First, install the `devtools` package.
Our class's package is called `DigitalMethodsData` and its hosted on [GitHub](https://github.com/regan008/DigitalMethodsData). Use the directions on the repository page and what you learned about packages above to install this package.
After installing the package, we should load it:
```{r}
library(DigitalMethodsData)
```
What kind of datasets are available in this package? We can use the help documentation to find out.
Run `help(package="DigitalMethodsData")` in your console to pull up a list of datasets included in this package.
For demonstration purposes we'll use the `gayguides` data here. Pull up the help documentation for this dataset. What does the documentation tell you abou the scope of this dataset?
>
To use a dataset included in this package we first need to load it. We can do so like this:
```{r}
data(gayguides)
```
Notice that you now have a loaded dataset in your environment pane. It shows us that there are 60,698 observations (rows) of data and 14 variables (columns).

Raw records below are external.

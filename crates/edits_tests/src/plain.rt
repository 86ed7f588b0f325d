use rows::kind::Kind;

// How many rows a plain list has room for.
pub const ROOM: usize = 48;

// A list of kinds, with which the rows of a tree are compared. An array with a count and no Vec: a sheet is copied whole.
#[derive(Clone, Copy)]
pub struct Plain {
    rows: [Kind; ROOM],
    len: u16,
}

impl Plain {
    pub fn new() -> Plain {
        Plain {
            rows: [Kind::Blank; ROOM],
            len: 0,
        }
    }

    pub fn len(&self) -> u16 {
        self.len
    }

    pub fn kind(&self, index: usize) -> Kind {
        self.rows.get(index).copied().unwrap_or(Kind::Blank)
    }

    // The rows that it has.
    pub fn rows(&self) -> &[Kind] {
        &self.rows[..usize::from(self.len).min(ROOM)]
    }

    pub fn insert(&mut self, index: u16, kind: Kind) {
        let len = usize::from(self.len);
        let index = usize::from(index);
        if len >= ROOM || index > len {
            return;
        }
        for moved in 0..len - index {
            self.rows[len - moved] = self.rows[len - moved - 1];
        }
        self.rows[index] = kind;
        self.len = self.len.saturating_add(1);
    }

    pub fn strike(&mut self, index: u16) {
        let len = usize::from(self.len);
        let index = usize::from(index);
        if len > ROOM || index >= len {
            return;
        }
        for moved in index..len - 1 {
            self.rows[moved] = self.rows[moved + 1];
        }
        self.len = self.len.saturating_sub(1);
    }

    pub fn replace(&mut self, index: u16, kind: Kind) {
        if let Some(row) = self.rows.get_mut(usize::from(index)) {
            *row = kind;
        }
    }
}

Let's now look at our data. You can use the `head()` function to return the first part of an object or dataset.
```{r}
head(gayguides)
```
That gives us the first 6 rows of data. Its really useful if you just want to peak into the dataset but don't want to print out all 60k+ rows.

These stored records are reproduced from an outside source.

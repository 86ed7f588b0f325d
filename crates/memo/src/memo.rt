ghost use Rattle.std.specs.Prelude.{◌≡◌, ℕ, ◌+◌, ◌%◌, ◌^◌, ◌<◌, true, is_some, Some, None, ◌≢◌};
ghost use Rattle.monoid.specs.Laws.{Lawful};
ghost use Rattle.monoid.specs.Asking.{AskedFor};
ghost use Rattle.memo.specs.Products.{found};
ghost use Rattle.memo.specs.Memo.{Kept, Product, Held, Once, Alike, at_most_one};
ghost use Rattle.std.proofs.Common.{rules};

use crate::products::Products;
use monoid::indexes::index_product;
use monoid::recogniser::Recogniser;
use monoid::small::SmallRecogniser;
use monoid::tally::Tally;
use rows::kind::Kind;

// Keeps each product that it is asked for, and asks below for none twice.
#[derive(Drop)]
pub struct Memo<R> {
    below: R,
    products: Products,
    tally: Tally,
}

impl<R: SmallRecogniser> Memo<R> {
    // It keeps nothing yet, recognises the languages below, and is in order when the one below is.
    pub fn new(below: R) -> Memo<R>
        ensures value { result.below ≡ below }
        ensures empty { (i j : ℕ) → found result.products i j ≡ None }
        ensures counted { result.tally.count ≡ 0 }
        ensures meaning { ⟦<Memo<R> as Recogniser>⟧.meaning result ≡ R.meaning below }
        ensures order { R.orderly below → R.orderly result.below × Kept (R.meaning result.below) (R.small result.below) result.products }
        ensures laws { R.orderly below → Lawful (R.meaning result.below) }
        ensures languages { Alike (R.meaning result.below) (R.meaning below) }
    {
        Memo {
            below,
            products: Products::none(),
            tally: Tally::new(),
        }
    }

    // The product of two indexes: the one that is kept, or else asked below and kept from then on. How much was asked below
    // hangs on what was kept, so it is a clause with both.
    pub fn product_at(&mut self, left: usize, right: usize) -> usize
        ensures value { R.orderly self.old.below → Product (R.meaning self.old.below) (R.small self.old.below) self.old.products left right result }
        ensures same { R.meaning self.new.below ≡ R.meaning self.old.below }
        ensures order { R.orderly self.old.below → R.orderly self.new.below }
        ensures truth { R.orderly self.old.below → Kept (R.meaning self.old.below) (R.small self.old.below) self.old.products → Kept (R.meaning self.new.below) (R.small self.new.below) self.new.products }
        ensures once { Once left right self.old.products self.new.products (R.tally self.old.below) (R.tally self.new.below) }
        ensures kept { R.orderly self.old.below → Held (R.small self.old.below) self.new.products left right }
        ensures at_most_once { at_most_one (R.tally self.old.below) (R.tally self.new.below) }
        ensures counted { self.new.tally ≡ self.old.tally }
    {
        if let Some(product) = self.products.find(left, right) {
            return usize::from(product);
        }
        let product = index_product(&mut self.below, left, right);
        self.keep(left, right, product);
        product
    }

    // How many products were asked for below so far, modulo 2^64.
    pub fn asked_below(&self) -> u64
        ensures value { result ≡ R.tally self.now.below }
    {
        self.below.asked()
    }

    // Keeps a product of two indexes, where all three are below the order.
    fn keep(&mut self, left: usize, right: usize, product: usize)
        ensures after { left < (R.small self.old.below).order → right < (R.small self.old.below).order → product < (R.small self.old.below).order → found self.new.products left right ≡ Some product }
        ensures refused { (left < (R.small self.old.below).order → right < (R.small self.old.below).order → ⊥) → found self.new.products left right ≡ found self.old.products left right }
        ensures same { (i j : ℕ) → (i ≡ left → j ≢ right) → found self.new.products i j ≡ found self.old.products i j }
        ensures below { self.new.below ≡ self.old.below }
        ensures counted { self.new.tally ≡ self.old.tally }
    {
        let order = self.below.order();
        if left < order && right < order && product < order {
            self.products.keep(left, right, product as u8);
        }
    }
}

impl<R: SmallRecogniser> Recogniser for Memo<R> {
    type Element = R::Element;

    ghost meaning = { λ s. R.meaning s.below };

    ghost tally = { λ s. s.tally.count };

    ghost orderly = { λ s. R.orderly s.below × Kept (R.meaning s.below) (R.small s.below) s.products };

    ghost shaped = { Prim.search rules };

    ghost lawful = { Prim.search rules };

    ghost bounded = { Prim.search rules };

    fn unit(&self) -> R::Element {
        self.below.unit()
    }

    fn image(&self, kind: Kind) -> R::Element {
        self.below.image(kind)
    }

    // Of sound factors the pair is kept from then on. An unsound one can make nothing kept untrue, and nothing lost.
    // Whatever the factors are, no more than one product is asked below: a pile of recognisers must not cost twice as
    // many with each.
    fn product(&mut self, left: R::Element, right: R::Element) -> R::Element
        ensures value { R.orderly self.old.below × Kept (R.meaning self.old.below) (R.small self.old.below) self.old.products → (R.meaning self.old.below).sound left ≡ true → (R.meaning self.old.below).sound right ≡ true → result ≡ (R.meaning self.old.below).mul left right }
        ensures same { R.meaning self.new.below ≡ R.meaning self.old.below }
        ensures order { R.orderly self.old.below × Kept (R.meaning self.old.below) (R.small self.old.below) self.old.products → R.orderly self.new.below × Kept (R.meaning self.new.below) (R.small self.new.below) self.new.products }
        ensures counted { self.new.tally.count ≡ (self.old.tally.count + 1) % 2 ^ 64 }
        ensures once { R.orderly self.old.below → (R.meaning self.old.below).sound left ≡ true → (R.meaning self.old.below).sound right ≡ true → Once ((R.small self.old.below).index left) ((R.small self.old.below).index right) self.old.products self.new.products (R.tally self.old.below) (R.tally self.new.below) }
        ensures kept { R.orderly self.old.below → (R.meaning self.old.below).sound left ≡ true → (R.meaning self.old.below).sound right ≡ true → is_some (found self.new.products ((R.small self.old.below).index left) ((R.small self.old.below).index right)) ≡ true }
        ensures below { AskedFor R.meaning R.orderly R.tally at_most_one self.old.below self.new.below }
        ensures lasting { (i j k : ℕ) → found self.old.products i j ≡ Some k → found self.new.products i j ≡ Some k }
    {
        self.tally.raise();
        let i = self.below.index(left);
        let j = self.below.index(right);
        let product = self.product_at(i, j);
        self.below.element(product)
    }

    fn asked(&self) -> u64 {
        self.tally.value()
    }

    fn width(&self) -> usize {
        self.below.width()
    }

    fn lit(&self, element: R::Element, lamp: usize) -> bool {
        self.below.lit(element, lamp)
    }
}

impl<R: SmallRecogniser> SmallRecogniser for Memo<R> {
    ghost small = { λ s. R.small s.below };

    ghost sized = { Prim.search rules };

    ghost undone = { Prim.search rules };

    ghost steady = { Prim.search rules };

    fn order(&self) -> usize {
        self.below.order()
    }

    fn index(&self, element: R::Element) -> usize {
        self.below.index(element)
    }

    fn element(&self, index: usize) -> R::Element {
        self.below.element(index)
    }
}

(@) The default is to print six rows of data. Can you modify the above code to print out the first 10 rows?
```{r}
```
(@) Can you find the last 6 rows of data?
```{r}
```
(@) Reflect on the previous two prompts. How did you figure these out?
>
The `str()` function is another very useful function for understanding a dataset. It compactly displays the internal structure of an R object.
```{r}
str(gayguides)
```
There is a ton of useful info here. First, we see that this is a data.frame and that it has 60698 obs. of 14 variables. Second, we see the names of all the variables (columns) in the dataset. Lastly, it shows us what type of data is contained in each variable. For example, the variable `state` is a chr or character vector while `Year` (note the capitalization) is numeric.

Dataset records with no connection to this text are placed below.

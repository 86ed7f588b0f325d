ghost use Rattle.std.specs.Prelude.{◌≡◌, ℕ, ◌<◌, Some, None, ◌≢◌, slice_index_or};
ghost use Rattle.memo.specs.Products.{found};

// How many elements a small recogniser has at the most.
const MOST: usize = 8;

// Products of a small recogniser that are known, by the indexes of their factors: a row for each left one.
#[derive(Drop)]
pub struct Products {
    known: [[Option<u8>; MOST]; MOST],
}

// Keeps a product in the row of its left factor.
fn keep_in(row: &mut [Option<u8>; MOST], right: usize, product: u8)
    ensures after { right < 8 → slice_index_or row.new right None ≡ Some product }
    ensures same { (j : ℕ) → j ≢ right → slice_index_or row.new j None ≡ slice_index_or row.old j None }
{
    if right < MOST {
        row[right] = Some(product);
    }
}

impl Products {
    pub fn none() -> Products
        ensures value { (i j : ℕ) → found result i j ≡ None }
    {
        Products {
            known: [[None; MOST]; MOST],
        }
    }

    // The product of two indexes, if it is kept.
    pub fn find(&self, left: usize, right: usize) -> Option<u8>
        ensures value { result ≡ found self.now left right }
    {
        *self.known.get(left)?.get(right)?
    }

    // Keeps the product of two indexes, where an element can have them.
    pub fn keep(&mut self, left: usize, right: usize, product: u8)
        ensures after { left < 8 → right < 8 → found self.new left right ≡ Some product }
        ensures same { (i j : ℕ) → (i ≡ left → j ≢ right) → found self.new i j ≡ found self.old i j }
    {
        if left < MOST {
            keep_in(&mut self.known[left], right, product);
        }
    }
}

The `$` operator allows us to get a segment of the data.
```{r}
head(gayguides$title)
```
While that's useful, this particular dataset happens to be sorted by title. So the first rows are all labeled some version of B.A. beach. That's not very useful. What if we want to see the 500th item in this list? Well, we can pull that up like this:
```{r}
gayguides$title[500]
```
(@) Break this down. Whats going on here? What do each of the elements of this code mean? (gayguides, $, title, and [500])
>
(@) The Year variable contains the year (numeric) of each entry. Can you find the earliest year in this dataset? (Using code, don't cheat and use the documentation!)
```{r}
```
(@) How about the latest year?
```{r}
```
(@) Add another dataset from `DigitalMethodsData`. How many observations are included in this dataset? Run through some of the examples from above to learn about the dataset.
```{r}
```
(@) What did you learn about the dataset? What can you tell me about it?
>
CONGRATS! You've completed your first worksheet for Digital Methods II. That wasn't so bad, right?